- The administration block of the College

Location
- Middleton Grange, south-western Sydney, New South Wales Australia 33°55′05″S 150°50′25″E﻿ / ﻿33.9179657°S 150.8402896°E

Information
- Type: Independent co-educational early learning, primary, and secondary day school
- Motto: A more excellent way
- Denomination: Anglicanism
- Established: 2000; 26 years ago
- Educational authority: New South Wales Education Standards Authority
- Oversight: Sydney Anglican Schools Corporation
- Principal: Karen Easton
- Deputy Principal & Head of Senior School: David Butler
- Deputy Principal & Head of Junior School: Sandy Wheeler
- Years: Early learning and K–12
- Enrolment: 1,850 (February 2025)
- Campus: 13 hectares (31 acres)
- Website: www.thac.nsw.edu.au

= Thomas Hassall Anglican College =

Thomas Hassall Anglican College is an independent Anglican co-educational day school located in Middleton Grange, a south-western suburb of Sydney, New South Wales, Australia. Established in 2000 by the Sydney Anglican Schools Corporation, the College provides education from early learning through Prep to Year 12. As of 2025, it serves approximately 1,850 students.

==Foundation==

S Block of the College

The College was founded in late 1999 by the Sydney Anglican Schools Corporation. Rapid growth in the area demanded the need for a new independent school, with nearest independent schools including Macarthur Anglican School, Freeman Catholic College and Good Samaritan Catholic College.

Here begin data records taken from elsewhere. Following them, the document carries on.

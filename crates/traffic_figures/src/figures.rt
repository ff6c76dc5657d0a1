//! The counters that threads raise, and what they held when they were loaded, one after the other.

use crate::kinds::{Course, FetchOutcome, FetchedFrom, StatusClass, class_of};
use crate::replies::ReplyKind;
use crate::times::{Histogram, Times, load_into};
use std::alloc::{AllocError, Global};
use std::array;
use std::sync::atomic::{AtomicU64, Ordering};

/// An answer that has ended.
#[derive(Clone, Copy)]
pub struct AnswerNote {
    /// How it came to be.
    pub course: Course,
    /// Its status; 0 if the connection ended before there was an answer.
    pub status: u16,
    /// The octets of content that were handed to the client.
    pub octets: u64,
    /// Microseconds from the request to the end of the answer. `None` if a clock could not be read: then it isn't timed.
    pub micros: Option<u64>,
}

/// A fetch that has ended.
#[derive(Clone, Copy)]
pub struct FetchNote {
    /// Whom it was made from.
    pub from: FetchedFrom,
    /// How it ended.
    pub outcome: FetchOutcome,
    /// The octets of the body that came.
    pub octets: u64,
    /// Microseconds that it took. `None` if a clock could not be read: then it isn't timed.
    pub micros: Option<u64>,
}

// The counters of a neighbour.
#[derive(Drop)]
struct NeighbourCounters {
    // By outcome.
    fetches: [AtomicU64; 3],
    queries: AtomicU64,
    // By kind.
    replies: [AtomicU64; 8],
}

impl NeighbourCounters {
    fn new() -> NeighbourCounters {
        NeighbourCounters {
            fetches: zeros(),
            queries: AtomicU64::new(0),
            replies: zeros(),
        }
    }

    fn load(&self) -> NeighbourCounts {
        let mut counts = NeighbourCounts {
            fetches: [0; 3],
            queries: self.queries.load(Ordering::SeqCst),
            replies: [0; 8],
        };
        load_into(&self.fetches, &mut counts.fetches);
        load_into(&self.replies, &mut counts.replies);
        counts
    }
}

/// What the counters of a neighbour held.
#[derive(Clone, Copy)]
pub struct NeighbourCounts {
    /// Fetches from it, by outcome (in the order of `FetchOutcome`).
    pub fetches: [u64; 3],
    /// Queries to it.
    pub queries: u64,
    /// Its replies, by kind (in the order of `ReplyKind`).
    pub replies: [u64; 8],
}

/// The counters of a proxy since its start. Any thread raises them, without a lock; the threads share them in an `Arc`. A counter
/// holds a number modulo 2^64.
///
/// An atomic counter has no model. The contracts say at which place the counter of each kind stands (`place`, `kind`, `class_of`,
/// `bucket_of`); that it is raised, and that it is the one shown, is only tested.
pub struct Figures {
    // By course and class of status.
    answers: [[AtomicU64; 6]; 5],
    // Octets handed to clients, by course.
    content: [AtomicU64; 5],
    // By kind of source and outcome.
    fetches: [[AtomicU64; 3]; 2],
    // Octets of bodies, by kind of source.
    bodies: [AtomicU64; 2],
    // Fetches that were ended for want of clients.
    unwanted: AtomicU64,
    hits: Histogram,
    forwarded: Histogram,
    fetched: Histogram,
    // By place of the neighbour.
    neighbours: Vec<NeighbourCounters>,
}

// Written by hand, so that what lets it go is one call for the prover (docs/GATE.md).
impl Drop for Figures {
    fn drop(self) {
        let Self {
            answers: _,
            content: _,
            fetches: _,
            bodies: _,
            unwanted: _,
            hits: _,
            forwarded: _,
            fetched: _,
            neighbours: _,
        } = self;
    }
}

fn zeros<const N: usize>() -> [AtomicU64; N] {
    array::from_fn(|_| AtomicU64::new(0))
}

impl Figures {
    /// All at 0, for so many neighbours.
    pub fn new(alloc: Global, neighbours: usize) -> Result<Figures, AllocError> {
        let mut by_neighbour = Vec::with_capacity(alloc, neighbours)?;
        for _ in 0..neighbours {
            by_neighbour.push(NeighbourCounters::new())?;
        }
        Ok(Figures {
            answers: [zeros(), zeros(), zeros(), zeros(), zeros()],
            content: zeros(),
            fetches: [zeros(), zeros()],
            bodies: zeros(),
            unwanted: AtomicU64::new(0),
            hits: Histogram::new(),
            forwarded: Histogram::new(),
            fetched: Histogram::new(),
            neighbours: by_neighbour,
        })
    }

    /// Counts an answer that has ended. It is timed if it was a hit or forwarded, and had a status.
    pub fn note_answer(&self, answer: AnswerNote) {
        let course = answer.course.place();
        let class = class_of(answer.status).place();
        let by_class = &self.answers[course];
        by_class[class].fetch_add(1, Ordering::SeqCst);
        self.content[course].fetch_add(answer.octets, Ordering::SeqCst);
        if answer.status == 0 {
            return;
        }
        let Some(micros) = answer.micros else {
            return;
        };
        match answer.course {
            Course::Hit => self.hits.add(micros),
            Course::Miss | Course::Collapsed | Course::Bypass => self.forwarded.add(micros),
            Course::Own => {}
        }
    }

    /// Counts a fetch that has ended. It is timed unless it was refused. A neighbour that there is none of is counted among the
    /// neighbours and nowhere else.
    pub fn note_fetch(&self, fetch: FetchNote) {
        let kind = fetch.from.kind();
        let outcome = fetch.outcome.place();
        let by_outcome = &self.fetches[kind];
        by_outcome[outcome].fetch_add(1, Ordering::SeqCst);
        self.bodies[kind].fetch_add(fetch.octets, Ordering::SeqCst);
        if let FetchedFrom::Neighbour(n) = fetch.from
            && let Some(counters) = self.neighbours.get(n)
        {
            counters.fetches[outcome].fetch_add(1, Ordering::SeqCst);
        }
        if fetch.outcome == FetchOutcome::Refused {
            return;
        }
        if let Some(micros) = fetch.micros {
            self.fetched.add(micros);
        }
    }

    /// Counts a fetch that was ended, or not begun, for want of clients.
    pub fn note_unwanted(&self) {
        self.unwanted.fetch_add(1, Ordering::SeqCst);
    }

    /// How many fetches were ended, or not begun, for want of clients.
    pub fn unwanted(&self) -> u64 {
        self.unwanted.load(Ordering::SeqCst)
    }

    /// Counts a query to the neighbour at this place of the configuration, from 0. Where there is none, nothing is counted.
    pub fn note_query(&self, neighbour: usize) {
        if let Some(counters) = self.neighbours.get(neighbour) {
            counters.queries.fetch_add(1, Ordering::SeqCst);
        }
    }

    /// Counts a reply of the neighbour at this place of the configuration, from 0. Where there is none, nothing is counted.
    pub fn note_reply(&self, neighbour: usize, kind: ReplyKind) {
        if let Some(counters) = self.neighbours.get(neighbour) {
            counters.replies[kind.place()].fetch_add(1, Ordering::SeqCst);
        }
    }

    /// What the counters of each neighbour hold, in the order of the configuration. They are loaded one after the other. Errors: out
    /// of memory.
    pub fn by_neighbour(&self, alloc: Global) -> Result<Vec<NeighbourCounts>, AllocError> {
        let mut neighbours = Vec::with_capacity(alloc, self.neighbours.len())?;
        for counters in &self.neighbours {
            neighbours.push(counters.load())?;
        }
        Ok(neighbours)
    }

    /// What the counters hold. They are loaded one after the other: what threads count meanwhile may be in some of them.
    pub fn snapshot(&self, alloc: Global) -> Result<Snapshot, AllocError> {
        let neighbours = self.by_neighbour(alloc)?;
        let mut snapshot = Snapshot {
            answers: [[0; 6]; 5],
            content: [0; 5],
            fetches: [[0; 3]; 2],
            bodies: [0; 2],
            hits: self.hits.load(),
            forwarded: self.forwarded.load(),
            fetched: self.fetched.load(),
            neighbours,
        };
        for (counts, counters) in snapshot.answers.iter_mut().zip(&self.answers) {
            load_into(counters, counts);
        }
        load_into(&self.content, &mut snapshot.content);
        for (counts, counters) in snapshot.fetches.iter_mut().zip(&self.fetches) {
            load_into(counters, counts);
        }
        load_into(&self.bodies, &mut snapshot.bodies);
        Ok(snapshot)
    }
}

/// What the counters held, each when it was loaded: one after the other, so not all at one moment.
pub struct Snapshot {
    /// Answers, by course (in the order of `Course`) and class of status (in the order of `StatusClass`).
    pub answers: [[u64; 6]; 5],
    /// Octets of content handed to clients, by course.
    pub content: [u64; 5],
    /// Fetches, of origin servers and of neighbours, by outcome (in the order of `FetchOutcome`).
    pub fetches: [[u64; 3]; 2],
    /// Octets of bodies that came from origin servers and from neighbours.
    pub bodies: [u64; 2],
    /// To the end of the answers that were hits.
    pub hits: Times,
    /// To the end of the answers that were fetched (misses, collapsed ones, bypasses).
    pub forwarded: Times,
    /// Of fetches.
    pub fetched: Times,
    /// What is counted of each neighbour, in the order of the configuration.
    pub neighbours: Vec<NeighbourCounts>,
}

// Written by hand, so that what lets it go is one call for the prover (docs/GATE.md).
impl Drop for Snapshot {
    fn drop(self) {
        let Self {
            answers: _,
            content: _,
            fetches: _,
            bodies: _,
            hits: _,
            forwarded: _,
            fetched: _,
            neighbours: _,
        } = self;
    }
}

impl Snapshot {
    /// Answers with a status of this class, at most 2^64 - 1.
    pub(crate) fn of_class(&self, class: StatusClass) -> u64 {
        let place = class.place();
        let mut sum: u64 = 0;
        for counts in &self.answers {
            sum = sum.saturating_add(counts[place]);
        }
        sum
    }
}
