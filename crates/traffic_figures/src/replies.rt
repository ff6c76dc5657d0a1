//! What replies to queries of neighbours are counted by.

ghost use Rattle.std.specs.Prelude.{◌≡◌, ◌<◌, ◌↔◌, IfSome, IsNone};
ghost use Rattle.traffic_figures.specs.Replies.{IsHtcpReply, IsIcpReply, reply_name, reply_place};

/// A kind of reply to a query of a neighbour. The first five are of ICP (RFC 2186), the next two of HTCP (RFC 2756).
#[derive(Clone, Copy, PartialEq, Eq)]
pub enum ReplyKind {
    /// The neighbour has the object: ICP_OP_HIT, or ICP_OP_HIT_OBJ, which brings it too.
    Hit,
    /// It doesn't have the object, and may be asked to fetch it: ICP_OP_MISS.
    Miss,
    /// The query is refused: ICP_OP_DENIED.
    Denied,
    /// It doesn't have the object, and isn't to be asked to fetch it: ICP_OP_MISS_NOFETCH.
    MissNoFetch,
    /// It could not read or handle the query: ICP_OP_ERR.
    Error,
    /// The object is found: the response to a TST with code 0.
    Found,
    /// The object isn't found: the response to a TST with code 1.
    NotFound,
    /// Any other reply. In HTCP all responses to other requests than TST are among these, and all whose code is for the message as a
    /// whole (MO set).
    Other,
}

impl ReplyKind {
    /// All of them, each at its place.
    pub(crate) const ALL: [ReplyKind; 8] = [
        ReplyKind::Hit,
        ReplyKind::Miss,
        ReplyKind::Denied,
        ReplyKind::MissNoFetch,
        ReplyKind::Error,
        ReplyKind::Found,
        ReplyKind::NotFound,
        ReplyKind::Other,
    ];

    /// Its place among all.
    pub(crate) fn place(self) -> usize
        ensures { result ≡ reply_place self }
    {
        self as usize
    }

    /// Its name in all texts.
    pub(crate) fn name(self) -> &'static str
        ensures { result.now ≡ reply_name self }
    {
        match self {
            ReplyKind::Hit => "hit",
            ReplyKind::Miss => "miss",
            ReplyKind::Denied => "denied",
            ReplyKind::MissNoFetch => "miss_nofetch",
            ReplyKind::Error => "error",
            ReplyKind::Found => "found",
            ReplyKind::NotFound => "not_found",
            ReplyKind::Other => "other",
        }
    }
}

/// The kind of an ICP message with this opcode (RFC 2186). `None` if it is no reply: 0 is invalid, and 1 a query.
pub fn icp_reply(opcode: u8) -> Option<ReplyKind>
    ensures kind { IfSome result (λ kind. IsIcpReply opcode kind) }
    ensures none { IsNone result ↔ (opcode < 2) }
{
    match opcode {
        0 | 1 => None,
        2 | 23 => Some(ReplyKind::Hit),
        3 => Some(ReplyKind::Miss),
        4 => Some(ReplyKind::Error),
        21 => Some(ReplyKind::MissNoFetch),
        22 => Some(ReplyKind::Denied),
        _ => Some(ReplyKind::Other),
    }
}

/// The kind of an HTCP response with this opcode, response code and flag MO (RFC 2756, sections 2.7 and 6.2).
pub fn htcp_reply(opcode: u8, code: u8, is_overall: bool) -> ReplyKind
    ensures { IsHtcpReply opcode code is_overall result }
{
    match (opcode, code, is_overall) {
        (1, 0, false) => ReplyKind::Found,
        (1, 1, false) => ReplyKind::NotFound,
        _ => ReplyKind::Other,
    }
}
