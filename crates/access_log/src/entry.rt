//! What a line tells.
use std::net::IpAddr;

/// How a line is written.
#[derive(Clone, Copy)]
pub enum Form {
    /// NCSA's combined format, and two fields more.
    Common,
    /// An object of JSON.
    Json,
}

/// How a request was answered; for one that was given up, how it would have been.
#[derive(Clone, Copy)]
pub enum Course {
    /// By what was stored: `hit`.
    Hit,
    /// By a fetch that was made for it, and that others could join: `miss`.
    Miss,
    /// By a fetch that was under way for another request: `collapsed`.
    Collapsed,
    /// By a fetch of its own, past what is stored: `bypass`.
    Bypass,
    /// By the proxy itself: nothing was fetched for it: `refused`.
    Own,
}

/// Whom an object was fetched from.
#[derive(Clone, Copy)]
pub enum Supplier {
    /// An origin server: `origin`.
    Origin,
    /// The neighbour at this place of the configuration, from 0: `neighbour/0`.
    Neighbour(usize),
}

/// What became of a request, or of a connection that brought none.
#[derive(Clone, Copy)]
pub struct Entry<'a> {
    /// When it ended, in milliseconds since 1970-01-01 UTC; 0 where the clock could not be read.
    pub millis: u64,
    /// The address of the client.
    pub client: IpAddr,
    /// The method; empty if no request was read.
    pub method: &'a [u8],
    /// The target; empty if no request was read.
    pub url: &'a [u8],
    /// The field Referer; empty if there was none.
    pub referer: &'a [u8],
    /// The field User-Agent; empty if there was none.
    pub agent: &'a [u8],
    /// The status of the answer; 408 where the proxy closed the connection since the client was silent for too long (nothing was
    /// sent then). `None` where it ended otherwise before there was an answer.
    pub status: Option<u16>,
    /// Octets of content that were handed to the connection.
    pub octets: u64,
    /// How long it took, in milliseconds; 0 where the clock could not be read.
    pub taken: u64,
    /// How it was answered, or would have been.
    pub course: Course,
    /// Whom the object of the answer was fetched from.
    pub supplier: Option<Supplier>,
    /// Whether all of the answer was handed over.
    pub is_whole: bool,
}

The school began operation on its current Middleton Grange campus in 2000. Initially the school operated Kindergarten to Year 6 classes, with an additional year being added each calendar year, until 2006 when both early learning and Year 12 began operation.

==Principals==
The following individuals have served as principals (headmasters) of Thomas Hassall Anglican College:

| Ordinal | Officeholder | Term start | Term end | Time in office | Notes |
|---|---|---|---|---|---|
| 1 | Brian Cowling | 2000 | 2007 | 7 years |  |
| 2 | Ross Whelan | 2007 | 2023 | 16 years | Longest serving headmaster of the school |
| 3 | Karen Easton | 2023 | present | present |  |

== The school crest and motto ==
The school crest, worn by students on the front of the blazer, male students' shirts, and student sports uniforms is based on the cross schools motto: "A More Excellent Way".

== Facilities ==
Thomas Hassall Anglican College is located on a spacious campus in Middleton Grange, in Sydney's South West. The College provides a range of modern facilities designed to support student learning and development.

The campus includes two libraries, one for Primary and one for Secondary students, each housing an extensive collection of digital and printed resources. The auditorium, opened in 2005, is part of a larger complex that includes the canteen and additional learning spaces. Students also have access to athletic fields, basketball and tennis courts, and specialised classrooms catering to a variety of subjects.